• **Task item**
Answer with a single number: how many lines in the listing below include "tick"?

• **Data**
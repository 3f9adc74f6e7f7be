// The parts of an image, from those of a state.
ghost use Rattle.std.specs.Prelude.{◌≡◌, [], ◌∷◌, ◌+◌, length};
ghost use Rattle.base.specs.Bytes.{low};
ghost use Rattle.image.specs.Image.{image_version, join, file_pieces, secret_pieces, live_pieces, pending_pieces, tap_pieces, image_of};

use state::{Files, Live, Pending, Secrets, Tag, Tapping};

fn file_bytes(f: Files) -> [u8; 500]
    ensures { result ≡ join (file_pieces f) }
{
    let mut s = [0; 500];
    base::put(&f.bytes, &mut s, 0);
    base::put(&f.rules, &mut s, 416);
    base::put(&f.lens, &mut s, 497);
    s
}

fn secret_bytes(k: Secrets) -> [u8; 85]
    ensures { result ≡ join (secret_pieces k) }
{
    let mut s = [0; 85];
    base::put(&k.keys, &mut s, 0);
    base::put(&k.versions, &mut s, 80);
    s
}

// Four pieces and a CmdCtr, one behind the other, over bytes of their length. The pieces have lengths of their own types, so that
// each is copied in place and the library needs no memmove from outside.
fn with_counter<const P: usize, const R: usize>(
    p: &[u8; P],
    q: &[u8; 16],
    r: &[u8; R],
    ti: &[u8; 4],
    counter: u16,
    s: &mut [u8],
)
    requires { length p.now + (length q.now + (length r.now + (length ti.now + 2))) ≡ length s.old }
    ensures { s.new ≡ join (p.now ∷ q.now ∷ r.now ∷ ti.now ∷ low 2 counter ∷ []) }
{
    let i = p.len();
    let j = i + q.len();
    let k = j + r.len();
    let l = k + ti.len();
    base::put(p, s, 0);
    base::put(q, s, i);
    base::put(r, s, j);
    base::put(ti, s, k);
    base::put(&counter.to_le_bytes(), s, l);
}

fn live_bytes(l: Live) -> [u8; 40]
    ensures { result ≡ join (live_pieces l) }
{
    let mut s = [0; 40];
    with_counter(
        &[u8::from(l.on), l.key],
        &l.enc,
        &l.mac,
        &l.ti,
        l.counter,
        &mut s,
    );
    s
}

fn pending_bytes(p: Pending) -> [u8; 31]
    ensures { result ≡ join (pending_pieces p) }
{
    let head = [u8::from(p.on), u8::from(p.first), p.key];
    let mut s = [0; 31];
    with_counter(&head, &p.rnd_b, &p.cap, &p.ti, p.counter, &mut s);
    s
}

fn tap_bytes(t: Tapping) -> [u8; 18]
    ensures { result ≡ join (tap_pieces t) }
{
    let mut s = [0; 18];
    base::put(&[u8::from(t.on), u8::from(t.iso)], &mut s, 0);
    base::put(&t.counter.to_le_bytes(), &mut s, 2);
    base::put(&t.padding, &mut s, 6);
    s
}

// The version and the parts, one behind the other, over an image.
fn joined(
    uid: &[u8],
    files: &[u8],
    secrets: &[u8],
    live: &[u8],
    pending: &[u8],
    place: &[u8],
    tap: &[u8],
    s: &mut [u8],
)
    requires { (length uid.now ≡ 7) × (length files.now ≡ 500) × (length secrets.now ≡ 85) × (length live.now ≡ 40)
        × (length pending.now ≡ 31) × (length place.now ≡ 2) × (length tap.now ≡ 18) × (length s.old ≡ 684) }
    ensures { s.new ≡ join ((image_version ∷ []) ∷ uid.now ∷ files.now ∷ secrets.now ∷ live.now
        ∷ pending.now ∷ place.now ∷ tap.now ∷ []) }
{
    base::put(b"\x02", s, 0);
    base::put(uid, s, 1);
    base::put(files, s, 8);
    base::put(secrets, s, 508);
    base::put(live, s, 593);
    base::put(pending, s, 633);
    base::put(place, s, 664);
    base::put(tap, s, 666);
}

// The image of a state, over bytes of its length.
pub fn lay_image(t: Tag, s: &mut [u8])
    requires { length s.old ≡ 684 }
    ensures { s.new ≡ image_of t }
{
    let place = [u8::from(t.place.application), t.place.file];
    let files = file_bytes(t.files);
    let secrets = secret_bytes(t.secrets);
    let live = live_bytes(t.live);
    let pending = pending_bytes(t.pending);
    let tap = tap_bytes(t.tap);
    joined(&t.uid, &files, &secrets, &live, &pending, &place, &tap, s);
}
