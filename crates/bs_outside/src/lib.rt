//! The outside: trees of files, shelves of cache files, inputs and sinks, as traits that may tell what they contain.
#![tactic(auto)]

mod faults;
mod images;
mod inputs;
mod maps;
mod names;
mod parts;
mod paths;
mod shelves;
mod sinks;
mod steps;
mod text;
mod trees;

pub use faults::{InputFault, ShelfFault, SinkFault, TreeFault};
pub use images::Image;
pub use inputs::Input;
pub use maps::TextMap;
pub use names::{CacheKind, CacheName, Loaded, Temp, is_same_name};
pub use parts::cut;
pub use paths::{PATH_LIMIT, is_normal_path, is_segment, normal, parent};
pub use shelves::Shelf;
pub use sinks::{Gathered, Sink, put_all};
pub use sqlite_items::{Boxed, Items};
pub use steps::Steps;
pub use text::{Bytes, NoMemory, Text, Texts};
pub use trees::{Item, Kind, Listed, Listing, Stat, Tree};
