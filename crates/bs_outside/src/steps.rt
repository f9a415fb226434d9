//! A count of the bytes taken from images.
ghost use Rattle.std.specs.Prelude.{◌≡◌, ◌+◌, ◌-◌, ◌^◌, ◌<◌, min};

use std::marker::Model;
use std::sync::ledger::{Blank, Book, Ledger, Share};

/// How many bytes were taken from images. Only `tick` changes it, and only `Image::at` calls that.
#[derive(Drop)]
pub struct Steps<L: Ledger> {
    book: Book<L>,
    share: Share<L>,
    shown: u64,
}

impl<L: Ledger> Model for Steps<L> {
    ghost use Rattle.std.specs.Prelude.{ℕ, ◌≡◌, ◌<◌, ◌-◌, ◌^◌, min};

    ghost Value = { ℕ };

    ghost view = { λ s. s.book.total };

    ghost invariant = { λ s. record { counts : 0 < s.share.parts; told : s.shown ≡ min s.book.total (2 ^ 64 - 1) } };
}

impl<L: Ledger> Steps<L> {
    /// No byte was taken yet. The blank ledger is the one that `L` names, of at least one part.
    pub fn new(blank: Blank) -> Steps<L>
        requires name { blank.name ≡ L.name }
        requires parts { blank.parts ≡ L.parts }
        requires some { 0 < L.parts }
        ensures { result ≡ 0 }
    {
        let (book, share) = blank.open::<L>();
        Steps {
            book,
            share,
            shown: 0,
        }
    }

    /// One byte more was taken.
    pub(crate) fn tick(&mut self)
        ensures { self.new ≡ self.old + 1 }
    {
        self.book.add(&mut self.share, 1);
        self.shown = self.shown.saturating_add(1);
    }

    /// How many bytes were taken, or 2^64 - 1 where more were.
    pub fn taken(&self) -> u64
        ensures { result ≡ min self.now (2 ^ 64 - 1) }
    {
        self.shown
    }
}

• **Your solution**
2